Formula o aqui Recorrente/Centro nas suas alegações de recurso apresentadas, as seguintes conclusões: “A) Conforme se alcança do teor da decisão recorrida o ato praticado pelo ora recorrente é um ato lícito, como se alcança do que consta da discussão da sentença recorrida, pelo que, na sequência desta constatação, entendeu-se que a referida “deliberação como um ato lícito, o que não se pode olvidar é que da sua prolação também podem advir consequências nefastas para o seu destinatário”. B) Desenvolvendo esta ideia, reconhece a decisão recorrida, que a eventual indemnização é a indemnização pelo sacrifício, segundo a terminologia do artigo 16.° da LRC, enunciando os “pressupostos em que assenta a responsabilidade civil do Estado por atos lícitos são os seguintes: (i) a prática de um ato lícito; (ii) para satisfação de um interesse público; (iii) causador de um prejuízo "especial" e "anormal"; (iv) existência de nexo de causalidade entre o ato e o prejuízo” C) Procurando aplicar os referidos critérios ao caso presente, apenas concorda o ora recorrente com a verificação do primeiro requisito enunciado na sentença recorrida, ou seja, que “a prática do ato lícito existe e reconduz-se à prolação da deliberação revogatória de 27/09/2011”.

  1. Porém, existe manifesto erro na interpretação e aplicação da lei mencionada aos presentes autos, nomeadamente os artigos 2º. e 16º. daquele “Regime da Responsabilidade Civil Extracontratual do Estado e Demais Entidades Públicas”.
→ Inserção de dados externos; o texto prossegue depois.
//! The words of a line.
ghost use Rattle.std.specs.Prelude.{◌≡◌, string_bytes, codes, Ok, Some};
ghost use Rattle.sip_text.specs.Bytes.{Finds};
ghost use Rattle.scripts.specs.Reading.{Gives, class_of, count_at, counts_of, mail_words, mail_at, progress_words, progress_at, named_at, order_of, control_of};
ghost use Rattle.scripts.specs.Lines as spec;
ghost use Rattle.scripts.specs.Changes.{mail_of, progress_of};
ghost use Rattle.scripts.specs.Views.{mail_seen, progress_seen};

use crate::error::ScriptError;
use crate::script::Control;
use package::{Change, Class, Counts, MailChange, Progress};
use sip_text::{count_of, cut_at, plain_number, short_of, text_of};
use std::alloc::Global;

#[tactic(auto, unfolding(crate::specs::Reading::class_of))]
fn class_named(word: &[u8]) -> Option<Class>
    ensures { Finds (λ x. x) result (class_of word.now) }
{
    if word == b"voice".as_slice() {
        Some(Class::Voice)
    } else if word == b"fax".as_slice() {
        Some(Class::Fax)
    } else if word == b"pager".as_slice() {
        Some(Class::Pager)
    } else if word == b"multimedia".as_slice() {
        Some(Class::Multimedia)
    } else if word == b"text".as_slice() {
        Some(Class::Text)
    } else {
        None
    }
}

/// A count before a space, and what stands behind that.
#[tactic(auto, unfolding(crate::specs::Reading::count_at))]
fn cut_count(text: &[u8]) -> Option<(u32, &[u8])>
    ensures { Finds (λ x. (x.0, x.1.now)) result (count_at text.now) }
{
    let (word, rest) = cut_at(b' ', text)?;
    Some((count_of(word)?, rest))
}

#[tactic(auto, unfolding(crate::specs::Reading::counts_of))]
fn four_counts(text: &[u8]) -> Option<Counts>
    ensures { Finds (λ x. x) result (counts_of text.now) }
{
    let (new_count, rest) = cut_count(text)?;
    let (old_count, rest) = cut_count(rest)?;
    let (urgent_new, rest) = cut_count(rest)?;
    let urgent_old = count_of(rest)?;
    Some(Counts {
        new_count,
        old_count,
        urgent_new,
        urgent_old,
    })
}

/// The words of a MAIL line behind the first.
#[derive(Clone, Copy)]
struct MailWords<'a> {
    mailbox: &'a str,
    class: Class,
    counts: Counts,
}

#[tactic(auto, unfolding(crate::specs::Reading::mail_words))]
fn mail_words(text: &[u8]) -> Option<MailWords<'_>>
    ensures { Finds mail_seen result (mail_words text.now) }
{
    let (word, rest) = cut_at(b' ', text)?;
    let mailbox = text_of(word)?;
    let (word, rest) = cut_at(b' ', rest)?;
    let class = class_named(word)?;
    let counts = four_counts(rest)?;
    Some(MailWords {
        mailbox,
        class,
        counts,
    })
}

/// The words of a PROGRESS line behind the first.
#[derive(Clone, Copy)]
struct ProgressWords<'a> {
    tag: &'a str,
    code: u16,
    reason: &'a str,
}

#[tactic(auto, unfolding(crate::specs::Reading::progress_words))]
fn progress_words(text: &[u8]) -> Option<ProgressWords<'_>>
    ensures { Finds progress_seen result (progress_words text.now) }
{
    let (word, rest) = cut_at(b' ', text)?;
    let tag = text_of(word)?;
    let (word, rest) = cut_at(b' ', rest)?;
    let code = short_of(word)?;
    let reason = text_of(rest)?;
    Some(ProgressWords { tag, code, reason })
}

/// The change of these values, where a mail change may have them.
fn mail_change(mailbox: String, class: Class, counts: Counts) -> Option<MailChange>
    ensures { result ≡ mail_of (record { mailbox = string_bytes mailbox; class = class; counts = counts }) }
{
    MailChange::new(
        mailbox,
        class,
        counts.new_count,
        counts.old_count,
        counts.urgent_new,
        counts.urgent_old,
    )
}

#[tactic(auto, unfolding(crate::specs::Reading::mail_at))]
fn mail_line(alloc: Global, text: &[u8]) -> Result<MailChange, ScriptError>
    ensures { Gives (λ x. x) result (mail_at text.now) }
{
    let Some(words) = mail_words(text) else {
        return Err(ScriptError::BadScript);
    };
    let mailbox = String::from_str(alloc, words.mailbox)?;
    mail_change(mailbox, words.class, words.counts).ok_or(ScriptError::BadScript)
}

/// The progress of these values, where one may have them.
fn progress_change(tag: String, code: u16, reason: String) -> Option<Progress>
    ensures { result ≡ progress_of (record { tag = string_bytes tag; code = code; reason = string_bytes reason }) }
{
    Progress::new(tag, code, reason)
}

#[tactic(auto, unfolding(crate::specs::Reading::progress_at))]
fn progress_line(alloc: Global, text: &[u8]) -> Result<Progress, ScriptError>
    ensures { Gives (λ x. x) result (progress_at text.now) }
{
    let Some(words) = progress_words(text) else {
        return Err(ScriptError::BadScript);
    };
    let tag = String::from_str(alloc, words.tag)?;
    let reason = String::from_str(alloc, words.reason)?;
    progress_change(tag, words.code, reason).ok_or(ScriptError::BadScript)
}

/// The line of this first word and this rest.
#[tactic(auto, unfolding(crate::specs::Reading::named_at))]
pub fn line_named(alloc: Global, name: &[u8], rest: &[u8]) -> Result<Control, ScriptError>
    ensures { Gives (λ x. x) result (named_at name.now rest.now) }
{
    if name == b"MAIL".as_slice() {
        Ok(Control::Change(Change::Mail(mail_line(alloc, rest)?)))
    } else if name == b"PROGRESS".as_slice() {
        Ok(Control::Change(Change::Step(progress_line(alloc, rest)?)))
    } else if name == b"TICK".as_slice() {
        plain_number(rest)
            .map(Control::Tick)
            .ok_or(ScriptError::BadScript)
    } else {
        Err(ScriptError::BadScript)
    }
}

/// The line without the LF at its end. None where one stands before its end.
#[tactic(auto, unfolding(crate::specs::Lines::bare_line))]
pub fn bare_line(bytes: &[u8]) -> Option<&[u8]>
    ensures { Finds (λ x. x.now) result (spec.bare_line bytes.now) }
{
    match cut_at(b'\n', bytes) {
        Some((line, [])) => Some(line),
        Some(_) => None,
        None => Some(bytes),
    }
}

/// A control line without its LF. A CLOSE needs no memory.
#[tactic(auto, unfolding(crate::specs::Reading::order_of))]
fn bare_control(alloc: Global, line: &[u8]) -> Result<Control, ScriptError>
    ensures read { Gives (λ x. x) result (order_of line.now) }
    ensures close { line.now ≡ codes "CLOSE" → result ≡ Ok Control.Close }
{
    if line == b"CLOSE".as_slice() {
        return Ok(Control::Close);
    }
    let Some((name, rest)) = cut_at(b' ', line) else {
        return Err(ScriptError::BadScript);
    };
    line_named(alloc, name, rest)
}

#[tactic(auto, unfolding(crate::specs::Reading::control_of))]
pub fn control_line(alloc: Global, bytes: &[u8]) -> Result<Control, ScriptError>
    ensures read { Gives (λ x. x) result (control_of bytes.now) }
    ensures close { spec.bare_line bytes.now ≡ Some (codes "CLOSE") → result ≡ Ok Control.Close }
{
    let Some(line) = bare_line(bytes) else {
        return Err(ScriptError::BadScript);
    };
    bare_control(alloc, line)
}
  2. Porém, deve proceder-se à ampliação da matéria de facto, pois, para além dos factos considerados provados, está desde logo documentalmente provado que a A. celebrou um contrato de trabalho em funções públicas a termo resolutivo incerto como técnico especializado para a UEE de autismo e a rentabilizar para o concelho de Ovar, com o Agrupamento de Escolas de Ovar com início a quatro de outubro de dois mil e onze e términus a treze de agosto de dois mil e doze, com um horário semanal de 18 horas e auferindo a remuneração mensal ilíquida de 589,26€, como se alcança do ofício de 17 de Novembro de 2014 enviado pelo Agrupamento de Escolas de Ovar, o qual não foi objeto de qualquer impugnação, tendo sido comprovado pela A. quando confrontada pelo Mº. Juiz com esse documento no seu depoimento de parte, gravado digitalmente, consta do número 00:36:43 a 01:08:55 do CD/DVD original da sessão de julgamento de 6/11/2014.
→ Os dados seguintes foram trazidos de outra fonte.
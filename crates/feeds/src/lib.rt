//! What feeds the ports of a crew with what comes by a wire, and what sends out what workers post.
//!
//! [`feed`] reads SIP datagrams (RFC 3261 section 18) and sends each message to the worker that is its home; [`control`]
//! does the same with lines that tell what happened. They work over any [`Wire`], and promise of one that tells its
//! datagrams: each that came is sent or counted as unread, in order, but for a CLOSE and the last where a worker is gone, and
//! nothing else is sent. Other engines stand on the steps: [`hear`] and [`tell`] are for one datagram.
//!
//! [`emit`] takes the outs of an outbox until each worker has ended: it sends answers and NOTIFYs (RFC 3261 section 18) by a
//! wire, and writes a line for each transfer that may start (RFC 3515). It promises that each out that was taken is sent,
//! written or counted as failed, in order, and nothing else; and that an out counts as failed only where the wire or the
//! writer failed at it. [`next_out`] and [`put_out`] are steps of it. [`laws`] says what that is for a subscription of a joined crew.
//!
//! What it isn't: it starts no thread and no crew, and promises no progress. That a datagram arrives no contract can say.
//! Begin with [`feed`] and [`emit`], then `specs/Heard`, `specs/Fed` and `specs/Emitted`.
#![tactic(auto)]

mod feeding;
mod hearing;
pub mod laws;
mod sending;
mod writing;

pub use feeding::{
    FeedEnd, FeedReport, MOST_CONTROL_LINES, Told, control, feed, listen, send_event, tell,
};
pub use hearing::{Heard, Language, hear, hear_message, hear_sip};
pub use sending::{EmitReport, Fate, Idle, Next, emit, next_out, put_out};
pub use transport::{Datagram, MemoryWire, UdpWire, Wire, WireFault};
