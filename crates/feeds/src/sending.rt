//! What waits for what workers post, and sends it out.
ghost use Rattle.std.specs.Prelude.{◌≡◌, ◌⊎◌, ◌∷◌, [], true, false, ◌+◌, ◌<◌, ◌↔◌, IsTrue, min};
ghost use Rattle.queues.specs.Ended.{count_ended, AllEnded};
ghost use Rattle.transport.specs.Devices.{rises};
ghost use Rattle.transport.specs.Wires.{Grows};
ghost use Rattle.feeds.specs.Emitted.{wire_seen, writer_seen, Fates, IsEmitted, MayMeet, Writes, counted, is_start, is_held, sent_datagrams, count, fails_to_send, fails_to_start};
ghost use Rattle.feeds.specs.Waiting.{IsNext};

use crate::writing::write_start;
use crew::count_up;
use notifier_model::Out;
use queues::outbox::{Posted, Taker};
use std::io::Write;
use std::rt::Clock;
use std::sync::Wait;
use std::thread;
use std::time::Duration;
use transport::{Sink, Wire};

/// How long the thread sleeps where nothing is posted, in microseconds: much less than a phone notices.
const NAP: u64 = 500;

/// After how many turns in a row without anything to do a thread may sleep.
const TURNS: u32 = 8;

/// What is next of what workers post.
#[derive(Debug, Drop)]
pub enum Next {
    /// An out of one of them.
    Out(Out),
    /// One of them has ended.
    Ended,
    /// Nothing was posted, or each of them has ended.
    Nothing,
}

/// Takes what is next, where so many workers haven't ended. One less is left behind an end mark.
pub fn next_out<R: Wait>(rt: &R, taker: &mut Taker, left: &mut u32) -> Next
    ensures { IsNext taker.old taker.new left.old left.new result }
{
    if *left == 0 {
        return Next::Nothing;
    }
    match taker.take(rt) {
        Some(Posted::Out(_, out)) => Next::Out(out),
        Some(Posted::Ended(_)) => {
            *left -= 1;
            Next::Ended
        }
        None => Next::Nothing,
    }
}

/// The turns in a row in which a thread had nothing to do.
#[derive(Clone, Copy, Debug, PartialEq, Eq)]
pub struct Idle {
    turns: u32,
}

impl Idle {
    /// There was no such turn yet.
    pub fn new() -> Idle
        ensures { result.turns ≡ 0 }
    {
        Idle { turns: 0 }
    }

    /// Whether something was done in the last turn.
    pub fn is_none(&self) -> bool
        ensures { IsTrue result ↔ self.now.turns ≡ 0 }
    {
        self.turns == 0
    }

    /// Whether something was done a few turns ago: so more may be there soon, and the thread doesn't sleep.
    pub fn is_short(&self) -> bool
        ensures { IsTrue result ↔ self.now.turns < 8 }
    {
        self.turns < TURNS
    }

    /// Nothing was to be done in one turn more. The count stays at 2^32 - 1 once there.
    pub fn add(&mut self)
        ensures { self.new.turns ≡ min (self.old.turns + 1) u32.MAX }
    {
        self.turns = self.turns.saturating_add(1);
    }

    /// Something was done.
    pub fn end(&mut self)
        ensures { self.new.turns ≡ 0 }
    {
        self.turns = 0;
    }

    /// Lets other threads run where something was done a few turns ago. False where it was longer ago: the thread may sleep.
    pub fn yields(&self) -> bool
        ensures { IsTrue result ↔ self.now.turns < 8 }
    {
        let is_short = self.is_short();
        if is_short {
            thread::yield_now();
        }
        is_short
    }
}

/// What became of an out.
#[derive(Clone, Copy, Debug, PartialEq, Eq)]
pub enum Fate {
    /// It was an answer or a NOTIFY, and was sent.
    Sent,
    /// It was the start of a transfer, and was written.
    Started,
    /// The wire or the writer failed at it.
    Failed,
    /// It is a NOTIFY, and was not sent when it was taken: it waits for the answer to another one. No function here holds one back.
    Held,
}

/// What became of all outs.
#[derive(Clone, Copy, Debug, PartialEq, Eq)]
pub struct EmitReport {
    /// How many answers and NOTIFYs were sent.
    pub sent: u64,
    /// How many transfers were written.
    pub starts: u64,
    /// At how many outs the wire or the writer failed.
    pub failed: u64,
    /// How many NOTIFYs were not sent when they were taken.
    pub held: u64,
}

/// Sends an answer or a NOTIFY, or writes the line of a transfer that starts and flushes it. It takes no memory.
pub fn put_out<R: Wait, W: Wire, F: Write>(
    rt: &R,
    wire: &mut W,
    sink: &mut Sink<F>,
    out: &Out,
) -> Fate
    ensures fate { MayMeet out.now result }
    ensures not_held { is_held result ≡ false }
    ensures given { Grows (W.given wire.old) (W.given wire.new) [] }
    ensures taken { Grows (W.taken wire.old) (W.taken wire.new) (sent_datagrams ((out.now, result) ∷ [])) }
    ensures wire_failures { W.failures wire.new
        ≡ rises (count fails_to_send ((out.now, result) ∷ [])) (W.failures wire.old) }
    ensures failures { sink.new.failures
        ≡ rises (count fails_to_start ((out.now, result) ∷ [])) sink.old.failures }
    ensures writes { Writes (F.contents sink.old.writer) (F.contents sink.new.writer) out.now result }
    ensures flushed { result ≡ Fate.Started → sink.new.is_flushed ≡ true }
    ensures stays { is_start out.now ≡ false → sink.new ≡ sink.old }
{
    match out {
        Out::Answer { to, bytes } => match wire.send(rt, *to, bytes.as_slice()) {
            Ok(()) => Fate::Sent,
            Err(_) => Fate::Failed,
        },
        Out::Notify { to, bytes, .. } => match wire.send(rt, *to, bytes.as_slice()) {
            Ok(()) => Fate::Sent,
            Err(_) => Fate::Failed,
        },
        Out::Start { tag, refer_to } => match write_start(sink, tag.as_str(), refer_to.as_str()) {
            Ok(()) => Fate::Started,
            Err(_) => Fate::Failed,
        },
    }
}

impl EmitReport {
    /// One out more.
    fn add<R: Wait>(&mut self, rt: &R, fate: Fate)
        ensures { self.new ≡ counted self.old fate }
    {
        match fate {
            Fate::Sent => self.sent = count_up(rt, self.sent, 1),
            Fate::Started => self.starts = count_up(rt, self.starts, 1),
            Fate::Failed => self.failed = count_up(rt, self.failed, 1),
            Fate::Held => self.held = count_up(rt, self.held, 1),
        }
    }
}

/// Sends out what the workers post, in the order in which it is taken, until each worker has ended: answers and NOTIFYs by the
/// wire, and a line for each transfer that starts. What fails is counted, and the rest goes on. Where nothing is posted the
/// thread yields, and after a while it sleeps between two looks. No worker's end mark was taken yet.
pub fn emit<R: Wait + Clock, W: Wire, F: Write>(
    rt: &R,
    wire: &mut W,
    sink: &mut Sink<F>,
    taker: &mut Taker,
    workers: u32,
) -> EmitReport
    requires workers { workers ≡ taker.old.workers }
    requires none_ended { count_ended taker.old.workers taker.old.got ≡ 0 }
    // Where the writer never failed, what it took is flushed.
    ensures emitted { (log : Fates) × IsEmitted taker.old.workers log taker.old.got taker.new.got
        (wire_seen W.taken W.failures wire.old) (wire_seen W.taken W.failures wire.new)
        (writer_seen F.contents sink.old) (writer_seen F.contents sink.new) result
        × (count fails_to_start log ≡ 0 → (sink.new ≡ sink.old) ⊎ (sink.new.is_flushed ≡ true)) }
    ensures given { Grows (W.given wire.old) (W.given wire.new) [] }
    ensures outbox { taker.new.outbox ≡ taker.old.outbox }
    ensures workers { taker.new.workers ≡ taker.old.workers }
    ensures ended { AllEnded taker.old.workers taker.new.got }
{
    let mut report = EmitReport {
        sent: 0,
        starts: 0,
        failed: 0,
        held: 0,
    };
    let mut left = workers;
    let mut idle = Idle::new();
    for _ in rt.forever() {
        if left == 0 {
            return report;
        }
        match next_out(rt, taker, &mut left) {
            Next::Out(out) => {
                idle.end();
                let fate = put_out(rt, wire, sink, &out);
                report.add(rt, fate);
            }
            Next::Ended => {}
            Next::Nothing => {
                idle.add();
                if !idle.yields() {
                    thread::sleep(rt, Duration::from_micros(NAP));
                }
            }
        }
    }
    unreachable!()
}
  3. Está igualmente provado que a A. recebeu prestação de desemprego no valor mensal atual de € 534,30, com data início em 2012-08-14 e termo em 2014-10-22, com base no mail de 19 de Setembro de 2014 enviado pelo Instituto da Segurança Social do Porto, o qual não foi objeto de qualquer impugnação, tendo sido comprovado pela A. quando confrontada pelo Mº. Juiz com esse documento no seu depoimento de parte, gravado digitalmente, consta do número 00:36:43 a 01:08:55 do CD/DVD original da sessão de julgamento de 6/11/2014.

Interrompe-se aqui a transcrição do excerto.